Mortgage Approved With an Active Debt Management Plan
A case study showing how a home mover secured a mortgage while in an active Debt Management Plan, with historic missed payments.
- Publication date
- Case ID:
- 66125024
Question:
"Can I get a mortgage if I'm in a Debt Management Plan and have had missed payments in the past?"
Customer situation
Single applicant
Home mover
Permanently employed, with child-related benefits
Around 25% deposit, coming from the sale of a previous property
Standard residential property
An active Debt Management Plan (DMP) covering all unsecured debts
Historic periods of missed payments and arrears on unsecured lending
DMP was being maintained and paid on time
Why This Wasn't Straightforward
Being in an active DMP limits lender choice, particularly where missed payments appear within recent years. Some lenders automatically decline applications with a current DMP, while others apply tighter affordability and loan-to-value restrictions.
The Outcome
Mortgage approved.
A specialist lender was willing to consider the wider picture, including the customer's strong deposit position, stable employment, and evidence that debts were being managed and repaid through the DMP. The application was assessed using manual underwriting rather than automated credit scoring alone.
Key points
- Loan-to-value
- 75%
- Mortgage term
- 30 years
- Lender type
- Specialist lender with a more flexible approach to managed adverse credit
- Mortgage Adviser
- Alex Wright
Who This May
Be Relevant For
Applicants applying for a mortgage while in a Debt Management Plan (DMP)

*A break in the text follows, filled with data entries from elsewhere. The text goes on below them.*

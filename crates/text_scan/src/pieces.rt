//! The pieces of 16 bits of an IPv6 address, read group by group.

ghost use Rattle.std.specs.Prelude.{◌≡◌, ◌≢◌, ℕ, ◌+◌, ◌-◌, ◌^◌, ◌<◌, ◌≤◌, ◌∷◌, [], ◌&&◌, nat_le};
ghost use Rattle.std.specs.Prelude.{nat_lt, if◌then◌else◌, length, slice_index, IfSome};
ghost use Rattle.text_scan.specs.Parts.{colon, parts_of};
ghost use Rattle.text_scan.specs.Ip6.{are_groups, are_last_groups, groups_of, is_ip6_end};
ghost use Rattle.text_scan.specs.Ip6.{pieces_of, pieces_of_all};
ghost use Rattle.text_scan.specs.Pieces.{pieces_from, with_pieces};

use crate::digits::group_value;
use crate::ip4::ip4_text;

/// Pieces that follow one another in an address, at most eight.
#[derive(Clone, Copy)]
pub struct Pieces {
    /// How many there are.
    pub count: u32,
    /// What they spell, the most significant first.
    pub value: u128,
}

impl Pieces {
    const NONE: Pieces = Pieces { count: 0, value: 0 };

    /// These pieces and one more. None where there are eight already.
    fn with(self, piece: u16) -> Option<Pieces>
        requires { self.value < 65536 ^ self.count }
        ensures fits { IfSome result (λ pieces. pieces.value < 65536 ^ pieces.count) }
        ensures pieces { result ≡
            (if nat_lt self.count 8 then Some (with_pieces self (piece ∷ [])) else None) }
    {
        if self.count >= 8 {
            return None;
        }
        Some(Pieces {
            count: self.count + 1,
            value: self.value * 0x1_0000 + u128::from(piece),
        })
    }

    /// These pieces and those of the last part of an address: a group or an IPv4 address.
    fn with_end(self, part: &[u8]) -> Option<Pieces>
        requires { self.value < 65536 ^ self.count }
        ensures fits { IfSome result (λ pieces. pieces.value < 65536 ^ pieces.count) }
        ensures pieces { let more = pieces_of part.now in
            result ≡ (if is_ip6_end part.now && nat_le (self.count + length more) 8
            then Some (with_pieces self more) else None) }
    {
        match ip4_text(part) {
            Some(address) => self
                .with((address >> 16) as u16)?
                .with((address & 0xffff) as u16),
            None => self.with(group_value(part, 16, 4)?),
        }
    }
}

/// The pieces of groups; an empty text has none.
pub fn first_pieces(text: &[u8]) -> Option<Pieces>
    ensures fits { IfSome result (λ pieces. pieces.value < 65536 ^ pieces.count) }
    ensures pieces { let groups = groups_of text.now in
        let pieces = pieces_of_all groups in
        result ≡ (if are_groups groups && nat_le (length pieces) 8
        then Some (pieces_from pieces) else None) }
{
    if text.is_empty() {
        return Some(Pieces::NONE);
    }
    pieces_of_groups(text)
}

/// The pieces of groups, the last of which may be an IPv4 address; an empty text has none.
pub fn last_pieces(text: &[u8]) -> Option<Pieces>
    ensures fits { IfSome result (λ pieces. pieces.value < 65536 ^ pieces.count) }
    ensures pieces { let groups = groups_of text.now in
        let pieces = pieces_of_all groups in
        result ≡ (if are_last_groups groups && nat_le (length pieces) 8
        then Some (pieces_from pieces) else None) }
{
    if text.is_empty() {
        return Some(Pieces::NONE);
    }
    let last = last_part(text);
    if last == 0 {
        return Pieces::NONE.with_end(text);
    }
    pieces_of_groups(&text[..last - 1])?.with_end(&text[last..])
}

/// Where the last part begins: after the last `:`, or at 0 where there is none.
fn last_part(text: &[u8]) -> usize
    ensures within { result ≤ length text.now }
    ensures after { 0 < result → slice_index text.now (result - 1) ≡ colon }
    ensures last { (k : ℕ) → result ≤ k → k < length text.now → slice_index text.now k ≢ colon }
{
    let mut place = text.len();
    while place > 0 && text[place - 1] != b':' {
        place -= 1;
    }
    place
}

/// The pieces of groups separated by `:`, at least one.
fn pieces_of_groups(text: &[u8]) -> Option<Pieces>
    ensures fits { IfSome result (λ pieces. pieces.value < 65536 ^ pieces.count) }
    ensures pieces { let groups = parts_of colon text.now in
        let pieces = pieces_of_all groups in
        result ≡ (if are_groups groups && nat_le (length pieces) 8
        then Some (pieces_from pieces) else None) }
{
    let mut pieces = Pieces::NONE;
    for part in text.split(|byte| *byte == b':') {
        pieces = pieces.with(group_value(part, 16, 4)?)?;
    }
    Some(pieces)
}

Buyers worried an active DMP automatically rules out a mortgage
Home movers declined for a mortgage due to a current DMP
Applicants unsure whether lenders will consider a mortgage alongside an active DMP
Plain-English Summary
This case shows that being in a DMP does not automatically rule out a mortgage. Where debts are being managed and repayments are being maintained, some lenders are still willing to take a balanced view.